Missed Opportunities for Prevention of Tuberculosis Among Persons With HIV Infection --- Selected Locations, United States, 1996--1997

Please note: An erratum has been published for this article. To view the erratum, please click here.

Public health contact investigations are conducted to find persons who have been exposed to patients with active tuberculosis (TB) and to evaluate and treat those contacts for TB infection and active TB. Persons in close (i.e., prolonged, frequent, or intense) contact with patients with active TB are at high risk for TB infection. The risk for TB infection is increased greatly if the close contact is infected with human immunodeficiency virus (HIV) (1,2). Isoniazid (INH) treatment for latent TB infection (LTBI) reduces the risk for developing active TB by 41%--92% (1). This study examined the clinic records of TB programs to determine whether these programs used recommended practices to manage HIV-positive persons exposed to TB (3--8). The study suggests TB programs need to review their contact investigation policies, procedures, and outcomes to reduce missed opportunities for preventing active TB among HIV-positive close contacts.

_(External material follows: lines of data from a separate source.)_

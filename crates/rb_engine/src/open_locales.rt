//! The locales that an engine keeps open for its lookups.
ghost use Rattle.std.specs.Prelude.{◌≡◌, ◌<◌, ◌≤◌, ℕ, List, IfNone, IfOk, IfSome, Ok, OnErr, OnOk};
ghost use Rattle.std.specs.Prelude.{false, length, true};
ghost use Rattle.std.specs.Bool.{OnTrue};
ghost use Rattle.rb_parents.specs.Family.{parent_of};
ghost use Rattle.rb_views.specs.Seen.{tree_seen};
ghost use Rattle.rb_packages.specs.App.{app_of};
ghost use Rattle.rb_packages.specs.Lent.{bundles_lent, files_in};
ghost use Rattle.rb_packages.specs.Packages.{Stored, files_of, list_of};
ghost use Rattle.rb_packages.specs.Shelf.{bundle_at};
ghost use Rattle.rb_parents.specs.Trail.{ParentsOf};
ghost use Rattle.rb_fallback.specs.FoundNode.{IsNodeOf};
ghost use Rattle.rb_engine.specs.LookResponse.{look_response};
ghost use Rattle.rb_engine.specs.Version.{is_current, last_version};
ghost use Rattle.rb_engine.specs.inner.LastChanges.{version_in};
ghost use Rattle.rb_engine.specs.inner.KeptLocales.{AreKept, IsAnsweredFor, IsOpenFor};
ghost use Rattle.rb_engine.specs.inner.KeptLocales.{TakesMoreFor};

use crate::asked::Asked;
use crate::open_locale::{OpenLocale, find_over, is_current, look_over, open_at};
use crate::place::{Place, hash_of};
use crate::request::{LookFault, TooManySteps};
use rb_fallback::Found;
use rb_packages::{AppShelf, BundleHint, Packages};
use rb_parents::Parents;
use rb_views::Item;
use std::alloc::{AllocError, Global};

/// An open locale, and where it was opened.
#[derive(Clone, Copy)]
pub(crate) struct Slot {
    pub(crate) place: Place,
    pub(crate) opened: OpenLocale,
}

/// A locale that was asked for when it wasn't open.
#[derive(Clone, Copy)]
struct AskMark {
    /// The hash of its names and the version, or 0.
    hash: u64,
    /// True once another locale asked for the mark. The next one takes it, so that two locales that
    /// alternate are both asked for again.
    is_passed: bool,
}

impl AskMark {
    const NONE: AskMark = AskMark {
        hash: 0,
        is_passed: false,
    };

    /// Notes a locale, and returns true if it was noted before.
    fn ask(&mut self, hash: u64) -> bool {
        if self.hash == hash {
            return true;
        }
        if self.hash != 0 && !self.is_passed {
            self.is_passed = true;
            return false;
        }
        *self = AskMark {
            hash,
            is_passed: false,
        };
        false
    }
}

/// The number of marks for each slot. With fewer, more locales that come in turn share a mark.
const MARKS: usize = 4;

/// A table of open locales. A locale is in one of a few slots that its names choose, so the table
/// never grows. A slot of an older version counts as empty.
#[derive(Drop)]
pub(crate) struct OpenLocales {
    pub(crate) slots: Vec<Option<Slot>>,
    /// The hash of the locale in each slot, or 0, apart from the slot: a search reads little memory.
    hashes: Vec<u64>,
    /// The locales that were asked for when they weren't open.
    asked: Vec<AskMark>,
    /// The index of the slot that is searched first.
    pub(crate) recent: usize,
    /// The hash of the locale that was asked for last and isn't open, or 0.
    absent: u64,
}

/// The number of slots in which a locale may be.
const WINDOW: usize = 16;

/// Scales a hash to a number up to a count. A multiplication takes less time than a remainder.
fn scaled(hash: u64, count: usize) -> usize
    ensures { result ≤ count }
{
    let product = hash as u128 * count as u128;
    ((product >> 64) as usize).min(count)
}

/// Notes the hash of the locale that was stored in the slot at an index.
fn note_hash(hashes: &mut [u64], index: usize, hash: u64) {
    if let Some(noted) = hashes.get_mut(index) {
        *noted = hash;
    }
}

impl Slot {
    /// Returns true if the slot has a locale by these names, open in this version.
    fn has(&self, app: &[u8], locale: &[u8], version: u64) -> bool
        ensures { OnTrue result ((self.now.place.app ≡ app.now) × (self.now.place.name ≡ locale.now)
            × (is_current self.now.opened.version version ≡ true)) }
    {
        is_current(self.opened.version, version)
            && self.place.app.as_bytes() == app
            && self.place.name.as_bytes() == locale
    }

    /// Returns the bundles of the slot's application, which most often is where it was.
    fn shelf<'a>(&self, packages: &'a Packages) -> AppShelf<'a>
        ensures bundles { bundles_lent result
            ≡ bundle_at (list_of self.now.place.app packages.now) }
        ensures files { files_in result ≡ files_of self.now.place.app packages.now }
    {
        let hint = BundleHint {
            app: self.opened.app,
            ..BundleHint::NONE
        };
        packages.shelf_near(&self.place.app, hint)
    }
}

impl OpenLocales {
    pub(crate) fn none(alloc: Global) -> OpenLocales
        ensures { (packages : Stored) → (parents : ParentsOf) → (versions : List ℕ)
            → (latest : ℕ) → AreKept result.slots.items packages parents versions latest }
    {
        OpenLocales {
            slots: Vec::new(alloc),
            hashes: Vec::new(alloc),
            asked: Vec::new(alloc),
            recent: 0,
            absent: 0,
        }
    }

    /// Makes a table with this many empty slots.
    pub(crate) fn with_slots(alloc: Global, count: usize) -> Result<OpenLocales, AllocError>
        ensures { IfOk result (λ locales. (packages : Stored) → (parents : ParentsOf)
            → (versions : List ℕ) → (latest : ℕ)
            → AreKept locales.slots.items packages parents versions latest) }
    {
        Ok(OpenLocales {
            slots: vec![in alloc; None; count]?,
            hashes: vec![in alloc; 0; count]?,
            asked: vec![in alloc; AskMark::NONE; count.saturating_mul(MARKS)]?,
            recent: 0,
            absent: 0,
        })
    }

    /// Returns the slots in which a locale with this hash may be, from an index up to another.
    fn window(&self, hash: u64) -> (usize, usize)
        ensures { result.1 ≤ length self.now.slots.items }
    {
        let count = self.slots.len();
        if count <= WINDOW {
            return (0, count);
        }
        let from = scaled(hash, count - WINDOW);
        (from, from + WINDOW)
    }

    /// Returns the index of the slot that has the locale by these names, open in this version.
    pub(crate) fn position(&self, app: &[u8], locale: &[u8], version: u64) -> Option<usize> {
        self.position_of(hash_of(app, locale), app, locale, version)
    }

    /// Returns what `position` does, given the hash of the names.
    fn position_of(&self, hash: u64, app: &[u8], locale: &[u8], version: u64) -> Option<usize> {
        let (from, past) = self.window(hash);
        for i in from..past {
            if *self.hashes.get(i)? == hash && self.at(i, app, locale, version).is_some() {
                return Some(i);
            }
        }
        None
    }

    /// Asks for a locale by its names and their hash, which `look` then finds if it is open.
    pub(crate) fn ask(&mut self, hash: u64, app: &[u8], locale: &[u8], version: u64) -> Asked
        ensures { (packages : Stored) → (parents : ParentsOf) → (versions : List ℕ)
            → (latest : ℕ) → AreKept self.old.slots.items packages parents versions latest
            → AreKept self.new.slots.items packages parents versions latest }
    {
        if let Some(index) = self.position_of(hash, app, locale, version) {
            self.recent = index;
            return Asked::Kept;
        }
        self.absent = hash;
        let index = scaled(hash, self.asked.len());
        let Some(mark) = self.asked.get_mut(index) else {
            return Asked::First;
        };
        if mark.ask(hash.wrapping_add(version)) {
            return Asked::Again;
        }
        Asked::First
    }

    /// Returns the locale of a slot, if it is the one by these names and open in this version.
    fn at(&self, index: usize, app: &[u8], locale: &[u8], version: u64) -> Option<&Slot>
        ensures { (packages : Stored) → (parents : ParentsOf) → (versions : List ℕ)
            → (latest : ℕ) → version ≡ version_in versions app.now
            → AreKept self.now.slots.items packages parents versions latest → IfSome result
            (λ slot. IsOpenFor slot.now packages parents app.now locale.now) }
    {
        if index >= self.slots.len() {
            return None;
        }
        match &self.slots[index] {
            Some(slot) => {
                if slot.has(app, locale, version) {
                    return Some(slot);
                }
                None
            }
            None => None,
        }
    }

    /// Returns the locale by these names, if it is open in this version.
    fn find(&self, app: &[u8], locale: &[u8], version: u64) -> Option<&Slot>
        ensures { (packages : Stored) → (parents : ParentsOf) → (versions : List ℕ)
            → (latest : ℕ) → version ≡ version_in versions app.now
            → AreKept self.now.slots.items packages parents versions latest → IfSome result
            (λ slot. IsOpenFor slot.now packages parents app.now locale.now) }
    {
        match self.at(self.recent, app, locale, version) {
            Some(slot) => Some(slot),
            None => {
                let hash = hash_of(app, locale);
                if hash == self.absent {
                    return None;
                }
                let index = self.position_of(hash, app, locale, version)?;
                self.at(index, app, locale, version)
            }
        }
    }

    /// Returns the index of the slot that a locale with this hash takes, if the table has slots.
    fn index_for(&self, hash: u64, version: u64) -> Option<usize>
        ensures { IfSome result (λ i. i < length self.now.slots.items) }
    {
        let (from, past) = self.window(hash);
        for i in from..past {
            match &self.slots[i] {
                Some(slot) => {
                    if !is_current(slot.opened.version, version) {
                        return Some(i);
                    }
                }
                None => return Some(i),
            }
        }
        if from < past { Some(from) } else { None }
    }

    /// Looks a path up from the locale by these names in at most `left` steps, or returns `None` if
    /// it isn't open in this version. Without `left` there is no limit.
    pub(crate) fn look<'a>(
        &self,
        packages: &'a Packages,
        parents: &Parents,
        version: u64,
        app: &[u8],
        locale: &[u8],
        path: &[u8],
        left: Option<u64>,
    ) -> Option<Result<Result<Found<Item<'a>>, LookFault>, TooManySteps>>
        ensures few { IfNone left (IfSome result (λ r. OnErr r ⊥)) }
        ensures within { (versions : List ℕ) → (latest : ℕ) → version ≡ version_in versions app.now
            → AreKept self.now.slots.items packages.now (parent_of parents.now) versions latest
            → IfSome result (λ r. OnOk r (TakesMoreFor false left packages.now
            (parent_of parents.now) app.now locale.now path.now)) }
        ensures found { (versions : List ℕ) → (latest : ℕ) → version ≡ version_in versions app.now
            → AreKept self.now.slots.items packages.now (parent_of parents.now) versions latest
            → IfSome result (λ r. IfOk r (λ found. IsAnsweredFor (look_response tree_seen found)
            packages.now (parent_of parents.now) app.now locale.now path.now)) }
        ensures more { (versions : List ℕ) → (latest : ℕ) → version ≡ version_in versions app.now
            → AreKept self.now.slots.items packages.now (parent_of parents.now) versions latest
            → IfSome result (λ r. OnErr r (TakesMoreFor true left packages.now
            (parent_of parents.now) app.now locale.now path.now)) }
    {
        let slot = self.find(app, locale, version)?;
        let own = slot.shelf(packages);
        let icu = packages.icu_shelf();
        Some(look_over(own, icu, parents, &slot.opened, path, left))
    }

    /// Finds the item at a path as `look` does, without the names of bundles.
    pub(crate) fn find_item<'a>(
        &self,
        packages: &'a Packages,
        parents: &Parents,
        version: u64,
        app: &[u8],
        locale: &[u8],
        path: &[u8],
        left: Option<u64>,
    ) -> Option<Result<Result<Item<'a>, LookFault>, TooManySteps>>
        ensures within { (versions : List ℕ) → (latest : ℕ) → version ≡ version_in versions app.now
            → AreKept self.now.slots.items packages.now (parent_of parents.now) versions latest
            → IfSome result (λ r. OnOk r (TakesMoreFor false left packages.now
            (parent_of parents.now) app.now locale.now path.now)) }
        ensures found { (versions : List ℕ) → (latest : ℕ) → version ≡ version_in versions app.now
            → AreKept self.now.slots.items packages.now (parent_of parents.now) versions latest
            → IfSome result (λ r. IfOk r (λ item. IsNodeOf item (λ found. IsAnsweredFor
            (look_response tree_seen found) packages.now (parent_of parents.now) app.now locale.now
            path.now))) }
        ensures more { (versions : List ℕ) → (latest : ℕ) → version ≡ version_in versions app.now
            → AreKept self.now.slots.items packages.now (parent_of parents.now) versions latest
            → IfSome result (λ r. OnErr r (TakesMoreFor true left packages.now
            (parent_of parents.now) app.now locale.now path.now)) }
    {
        let slot = self.find(app, locale, version)?;
        let own = slot.shelf(packages);
        let icu = packages.icu_shelf();
        Some(find_over(own, icu, parents, &slot.opened, path, left))
    }

    /// Opens a locale over the bundles of this version, unless it is open. An error leaves the slot
    /// as it is.
    pub(crate) fn keep(
        &mut self,
        packages: &Packages,
        parents: &Parents,
        version: u64,
        place: &Place,
    )
        requires { app_of place.now.app ≡ Ok place.now.app }
        ensures { (versions : List ℕ) → (latest : ℕ)
            → version ≡ version_in versions place.now.app
            → (version < last_version → version ≤ latest)
            → AreKept self.old.slots.items packages.now (parent_of parents.now) versions latest
            → AreKept self.new.slots.items packages.now (parent_of parents.now) versions latest }
    {
        let app = place.app.as_bytes();
        let locale = place.name.as_bytes();
        let hash = hash_of(app, locale);
        if let Some(index) = self.position_of(hash, app, locale, version) {
            self.recent = index;
            return;
        }
        let Some(index) = self.index_for(hash, version) else {
            return;
        };
        if let Ok(opened) = open_at(packages, parents, place, version) {
            self.slots[index] = Some(Slot {
                place: *place,
                opened,
            });
            self.recent = index;
            self.absent = 0;
            note_hash(&mut self.hashes, index, hash);
        }
    }
}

Study investigators collected data during June 1998--January 1999 site visits. Eleven U.S. urban areas were selected by the highest number of contacts completing LTBI treatment. After case reports were linked to personal identifiers, study staff reviewed the clinic records for 6225 close contacts to 1080 sputum-smear--positive TB patients reported to CDC during July 1996--June 1997.

Of the 6225 close contacts, HIV status was unknown for 5415 (87%). Of the 810 close contacts with known HIV status, 109 (13%) were HIV-infected, of whom 79 (72%) received a chest radiograph; 14 (13%) had TB symptoms (e.g., cough, night sweats, and weight loss); 90 (83%) received an initial tuberculin skin test (TST); and nine (8%) did not receive a chest radiograph or an initial TST. Forty (53%) of 75 TST-negative contacts did not receive follow-up TSTs; 21 (28%) received neither a follow-up TST nor a chest radiograph. Fourteen (13%) of 109 HIV-positive contacts were identified as having active TB compared with 120 (2%) of 6116 HIV-negative contacts or contacts with unknown HIV status. HIV-infected close contacts were less likely to be TST-positive than HIV-negative contacts or contacts with unknown HIV status (14% and 36%, respectively).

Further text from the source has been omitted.